Amit Shukla

Personal information
- Full name: Amit Kandarp Shukla
- Born: 2 January 1985 (age 41) Nairobi, Kenya
- Batting: Right-handed
- Bowling: Right-arm medium-fast
- Role: Middle-order batsman

International information
- National side: Kenya;
- Only ODI: 26 July 2011 v United Arab Emirates

Domestic team information
- 2008–11: Southern Stars
- 2011–present: Kongonis

Career statistics
| Competition | LA |
| Matches | 1 |
| Runs scored | – |
| Batting average | – |
| 100s/50s | –/– |
| Top score | – |
| Balls bowled | 18 |
| Wickets | 0 |
| Bowling average | – |
| 5 wickets in innings | – |
| 10 wickets in match | – |
| Best bowling | 0/17 |
| Catches/stumpings | 0/– |
- Source: ESPNCricinfo

= Amit Shukla =

Kenyan cricketer (born 1985)

Amit Kandarp Shukla (born 2 January 1985) is a Kenyan cricketer. He represented Kenya in List A cricket in 2011.

He was a part of the Southern Stars squad in the Sahara Elite League, and now is a part of the Kongonis team that takes part in the revamped structure in the East African tournaments (East Africa Premier League and East Africa Cup). A number of good performances more or less brought him a call-up, but it was mostly due to the mass exodus of senior players, a number of them after refusing central contracts offered to them by the board.
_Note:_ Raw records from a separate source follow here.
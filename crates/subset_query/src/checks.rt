// Which queries may be asked of a schema.
ghost use Rattle.std.specs.Prelude.{◌≡◌, ◌<◌, ◌≤◌, IfErr, IfSome, OnOk, Some, None, false, is_none, length, List as Listed, ℕ, nat_lt, not};
ghost use Rattle.std.specs.List.{list_all, list_any, position, sum_by};
ghost use Rattle.std.specs.Option.{option_map};
ghost use Rattle.std.specs.Ordering.{is_eq};
ghost use Rattle.cite_schema.specs.Values.{text_cmp};
ghost use Rattle.cite_schema.specs.Tables.{is_short};
ghost use Rattle.cite_schema.specs.Queries.{column_of};
ghost use Rattle.subset_query.specs.Checks.{nodes_of, depth_of, all_pass, has_too_many_parts, has_long_text, names_twice, unknown_in, kind_named, is_wrong_kind, first_of, size_faults, column_faults, query_fault};
ghost use Rattle.subset_query.specs.Walks.{left_of, passes};

use cite_schema::{Along, Asked, ByteText, Column, Cond, Kind, OnColumn, Query, Schema, Value};

/// Why a query may not be asked of a schema. Places are counted from 0.
#[derive(Clone, Copy, Debug, PartialEq, Eq)]
pub enum QueryFault {
    /// There is no item.
    NoItems,
    /// There are over 128 items, over 128 order columns, or over 64 conditions.
    TooManyParts,
    /// The conditions have over 1,024 nodes: each condition, those inside others included, and each member of an
    /// `Among` is one.
    TooManyNodes,
    /// A condition is deeper than 32.
    TooDeep,
    /// A value's text, a prefix or a label has over 65,535 bytes.
    TextTooLong,
    /// Two conditions name one column.
    ConditionTwice,
    /// A name isn't in the schema: of a condition (part 1), an item (part 2) or an order column (part 3), at this place
    /// of the part.
    UnknownColumn { part: u8, place: u16 },
    /// The condition at this place holds a value of another kind than its column's, or asks for a prefix of numbers.
    WrongKind { place: u16 },
}

/// Whether the query may be asked of the schema. The faults are tested in their order and the first one is told, of
/// conditions, items and order columns the one at the first place. It takes no memory. The walks over conditions end at
/// the first node over the limit, and later at the first level over the limit, so the stack stays small whatever the
/// query. The time is linear in the query, but for names: 64 conditions and 256 other names are looked for among at
/// most 64 columns.
pub fn check(schema: &Schema, query: &Query) -> Result<(), QueryFault>
    ensures ok { OnOk result (query_fault schema.now.columns query.now ≡ None) }
    ensures fault { IfErr result (λ fault. query_fault schema.now.columns query.now ≡ Some fault) }
{
    if let Some(fault) = size_fault(query) {
        return Err(fault);
    }
    match column_fault(schema.columns().as_slice(), query) {
        Some(fault) => Err(fault),
        None => Ok(()),
    }
}

// The first fault of the query's sizes.
fn size_fault(query: &Query) -> Option<QueryFault>
    ensures { result ≡ first_of (size_faults query.now) }
{
    if query.items.is_empty() {
        return Some(QueryFault::NoItems);
    }
    if has_too_many_parts(query) {
        return Some(QueryFault::TooManyParts);
    }
    if has_too_many_nodes(query.conds.as_slice()) {
        return Some(QueryFault::TooManyNodes);
    }
    if has_too_deep(query.conds.as_slice()) {
        return Some(QueryFault::TooDeep);
    }
    if has_long_text(query) {
        return Some(QueryFault::TextTooLong);
    }
    None
}

fn has_too_many_parts(query: &Query) -> bool
    ensures { result ≡ has_too_many_parts query.now }
{
    query.items.len() > 128 || query.order.len() > 128 || query.conds.len() > 64
}

fn has_too_many_nodes(conds: &[OnColumn]) -> bool
    ensures { result ≡ nat_lt 1024 (sum_by (λ o. nodes_of o.cond) conds.now) }
{
    nodes_left_by_parts(conds, 1_024).is_none()
}

fn has_too_deep(conds: &[OnColumn]) -> bool
    ensures { result ≡ list_any (λ o. nat_lt 32 (depth_of o.cond)) conds.now }
{
    conds.iter().any(|on| is_deeper(&on.cond, 32))
}

fn has_long_text(query: &Query) -> bool
    ensures { result ≡ has_long_text query.now }
{
    has_long_value(query.conds.as_slice()) || has_long_label(query.items.as_slice())
}

fn has_long_value(conds: &[OnColumn]) -> bool
    ensures { result ≡ list_any (λ o. not (all_pass is_short o.cond)) conds.now }
{
    conds
        .iter()
        .any(|on| !all_values_pass(ValueRule::Short, &on.cond))
}

fn has_long_label(items: &[Asked]) -> bool
    ensures { result ≡ list_any (λ a. nat_lt 65535 (length a.label)) items.now }
{
    items.iter().any(|item| item.label.len() > 65_535)
}

// The first fault of the query's names and kinds.
fn column_fault(columns: &[Column], query: &Query) -> Option<QueryFault>
    requires { has_too_many_parts query.now ≡ false }
    ensures { result ≡ first_of (column_faults columns.now query.now) }
{
    let conds = query.conds.as_slice();
    if names_twice(conds) {
        return Some(QueryFault::ConditionTwice);
    }
    if let Some(fault) = unknown_in(columns, 1, conds) {
        return Some(fault);
    }
    if let Some(fault) = unknown_in(columns, 2, query.items.as_slice()) {
        return Some(fault);
    }
    if let Some(fault) = unknown_in(columns, 3, query.order.as_slice()) {
        return Some(fault);
    }
    wrong_kind_in(columns, conds)
}

fn names_twice(conds: &[OnColumn]) -> bool
    ensures { result ≡ names_twice conds.now }
{
    for i in 0..conds.len() {
        if names_column(&conds[i + 1..], &conds[i].column) {
            return true;
        }
    }
    false
}

fn names_column(conds: &[OnColumn], name: &ByteText) -> bool
    ensures { result ≡ list_any (λ p. is_eq (text_cmp name.now p.column)) conds.now }
{
    conds
        .iter()
        .any(|on| name.as_slice().cmp(on.column.as_slice()).is_eq())
}

// A part of a query that names a column.
trait NamesColumn {
    ghost name: { Self → Listed ℕ };

    fn column(&self) -> &ByteText
        ensures { result.now ≡ name self.now };
}

impl NamesColumn for OnColumn {
    ghost name = { λ o. o.column };

    fn column(&self) -> &ByteText {
        &self.column
    }
}

impl NamesColumn for Asked {
    ghost name = { λ a. a.column };

    fn column(&self) -> &ByteText {
        &self.column
    }
}

impl NamesColumn for Along {
    ghost name = { λ a. a.column };

    fn column(&self) -> &ByteText {
        &self.column
    }
}

// The fault of the first part whose name no column has.
fn unknown_in<N: NamesColumn>(columns: &[Column], part: u8, parts: &[N]) -> Option<QueryFault>
    requires { length parts.now ≤ 128 }
    ensures { result ≡ unknown_in columns.now part N.name parts.now }
{
    match first_unknown(columns, parts) {
        Some(place) => Some(QueryFault::UnknownColumn {
            part,
            place: place as u16,
        }),
        None => None,
    }
}

fn first_unknown<N: NamesColumn>(columns: &[Column], parts: &[N]) -> Option<usize>
    ensures place { result ≡ position (λ x. is_none (column_of columns.now (N.name x))) parts.now }
    ensures within { IfSome result (λ i. i < length parts.now) }
{
    parts
        .iter()
        .position(|part| place_of(columns, part.column()).is_none())
}

// The fault of the first condition of another kind than its column.
fn wrong_kind_in(columns: &[Column], conds: &[OnColumn]) -> Option<QueryFault>
    requires { length conds.now ≤ 64 }
    ensures { result ≡ option_map (λ i. QueryFault.WrongKind i) (position (λ o. is_wrong_kind columns.now o) conds.now) }
{
    match first_of_wrong_kind(columns, conds) {
        Some(place) => Some(QueryFault::WrongKind {
            place: place as u16,
        }),
        None => None,
    }
}

fn first_of_wrong_kind(columns: &[Column], conds: &[OnColumn]) -> Option<usize>
    ensures place { result ≡ position (λ o. is_wrong_kind columns.now o) conds.now }
    ensures within { IfSome result (λ i. i < length conds.now) }
{
    conds.iter().position(|on| is_wrong_kind(columns, on))
}

/// The place of the column with a name, counted from 0.
pub fn place_of(columns: &[Column], name: &ByteText) -> Option<usize>
    ensures { result ≡ column_of columns.now name.now }
{
    columns.iter().position(|column| column.name.as_slice().cmp(name.as_slice()).is_eq())
}

fn kind_named(columns: &[Column], name: &ByteText) -> Option<Kind>
    ensures { result ≡ kind_named columns.now name.now }
{
    let place = place_of(columns, name)?;
    match columns.get(place) {
        Some(column) => Some(column.kind),
        None => None,
    }
}

fn is_wrong_kind(columns: &[Column], on: &OnColumn) -> bool
    ensures { result ≡ is_wrong_kind columns.now on.now }
{
    match kind_named(columns, &on.column) {
        Some(kind) => !all_values_pass(ValueRule::OfKind(kind), &on.cond),
        None => false,
    }
}

// What is left of a budget of nodes after those of a condition, or `None` where it has more. The walk ends at the first
// node over the budget, and so goes no deeper than the budget, whatever the condition's depth.
#[cycle(nodes)]
fn nodes_left(cond: &Cond, budget: usize) -> Option<usize>
    ensures { result ≡ left_of budget (nodes_of cond.now) }
{
    let left = budget.checked_sub(1)?;
    match cond {
        Cond::Among(values) => left.checked_sub(values.len()),
        Cond::AllOf(conds) => nodes_left_by_all(conds.as_slice(), left),
        Cond::AnyOf(conds) => nodes_left_by_all(conds.as_slice(), left),
        Cond::Not(inner) => nodes_left(inner.get(), left),
        Cond::Lt(_) | Cond::Le(_) | Cond::Eq(_) => Some(left),
        Cond::Ne(_) | Cond::Ge(_) | Cond::Gt(_) | Cond::Prefix(_) => Some(left),
    }
}

#[cycle(nodes)]
fn nodes_left_by_all(conds: &[Cond], budget: usize) -> Option<usize>
    ensures { result ≡ left_of budget (sum_by nodes_of conds.now) }
{
    let mut left = budget;
    for cond in conds {
        left = nodes_left(cond, left)?;
    }
    Some(left)
}

fn nodes_left_by_parts(conds: &[OnColumn], budget: usize) -> Option<usize>
    ensures { result ≡ left_of budget (sum_by (λ o. nodes_of o.cond) conds.now) }
{
    let mut left = budget;
    for on in conds {
        left = nodes_left(&on.cond, left)?;
    }
    Some(left)
}

// Whether a condition is deeper than a limit. The walk ends at the first level below the limit.
#[cycle(depth)]
fn is_deeper(cond: &Cond, limit: usize) -> bool
    ensures { result ≡ nat_lt limit (depth_of cond.now) }
{
    if limit == 0 {
        return true;
    }
    match cond {
        Cond::AllOf(conds) => any_deeper(conds.as_slice(), limit - 1),
        Cond::AnyOf(conds) => any_deeper(conds.as_slice(), limit - 1),
        Cond::Not(inner) => is_deeper(inner.get(), limit - 1),
        Cond::Lt(_) | Cond::Le(_) | Cond::Eq(_) | Cond::Ne(_) => false,
        Cond::Ge(_) | Cond::Gt(_) | Cond::Among(_) | Cond::Prefix(_) => false,
    }
}

#[cycle(depth)]
fn any_deeper(conds: &[Cond], limit: usize) -> bool
    ensures { result ≡ list_any (λ c. nat_lt limit (depth_of c)) conds.now }
{
    for cond in conds {
        if is_deeper(cond, limit) {
            return true;
        }
    }
    false
}

// What each value in a condition is tested for.
#[derive(Clone, Copy)]
enum ValueRule {
    // A text of at most 65,535 bytes, or any number.
    Short,
    // A value of the kind.
    OfKind(Kind),
}

fn number_passes(rule: ValueRule, number: i64) -> bool
    ensures { result ≡ passes rule (Value.Int number) }
{
    match rule {
        ValueRule::Short => number <= i64::MAX,
        ValueRule::OfKind(kind) => kind == Kind::Int,
    }
}

fn text_passes(rule: ValueRule, text: &ByteText) -> bool
    ensures { result ≡ passes rule (Value.Text text.now) }
{
    match rule {
        ValueRule::Short => text.len() <= 65_535,
        ValueRule::OfKind(kind) => kind == Kind::Text,
    }
}

fn value_passes(rule: ValueRule, value: &Value) -> bool
    ensures { result ≡ passes rule value.now }
{
    match value {
        Value::Int(number) => number_passes(rule, *number),
        Value::Text(text) => text_passes(rule, text),
    }
}

fn values_pass(rule: ValueRule, values: &[Value]) -> bool
    ensures { result ≡ list_all (λ v. passes rule v) values.now }
{
    values.iter().all(|value| value_passes(rule, value))
}

// Whether each value in a condition passes the rule; a prefix counts as a text.
#[cycle(values)]
fn all_values_pass(rule: ValueRule, cond: &Cond) -> bool
    ensures { result ≡ all_pass (λ v. passes rule v) cond.now }
{
    match cond {
        Cond::Lt(value) | Cond::Le(value) | Cond::Eq(value) => value_passes(rule, value),
        Cond::Ne(value) | Cond::Ge(value) | Cond::Gt(value) => value_passes(rule, value),
        Cond::Among(values) => values_pass(rule, values.as_slice()),
        Cond::Prefix(prefix) => text_passes(rule, prefix),
        Cond::AllOf(conds) => all_pass_in(rule, conds.as_slice()),
        Cond::AnyOf(conds) => all_pass_in(rule, conds.as_slice()),
        Cond::Not(inner) => all_values_pass(rule, inner.get()),
    }
}

#[cycle(values)]
fn all_pass_in(rule: ValueRule, conds: &[Cond]) -> bool
    ensures { result ≡ list_all (λ c. all_pass (λ v. passes rule v) c) conds.now }
{
    for cond in conds {
        if !all_values_pass(rule, cond) {
            return false;
        }
    }
    true
}

#[cfg(test)]
mod tests;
It was the squad to face the UAE in the second round of the 2011–13 ICC Intercontinental Cup and the 2011–13 ICC Intercontinental Cup One-Day, with the latter being significant as it served as qualification for the 2015 Cricket World Cup. He played just the one List A match against UAE, where he was not required to bat and conceded 17 runs off his three overs for no wicket. The opponent won the match by 4 wickets.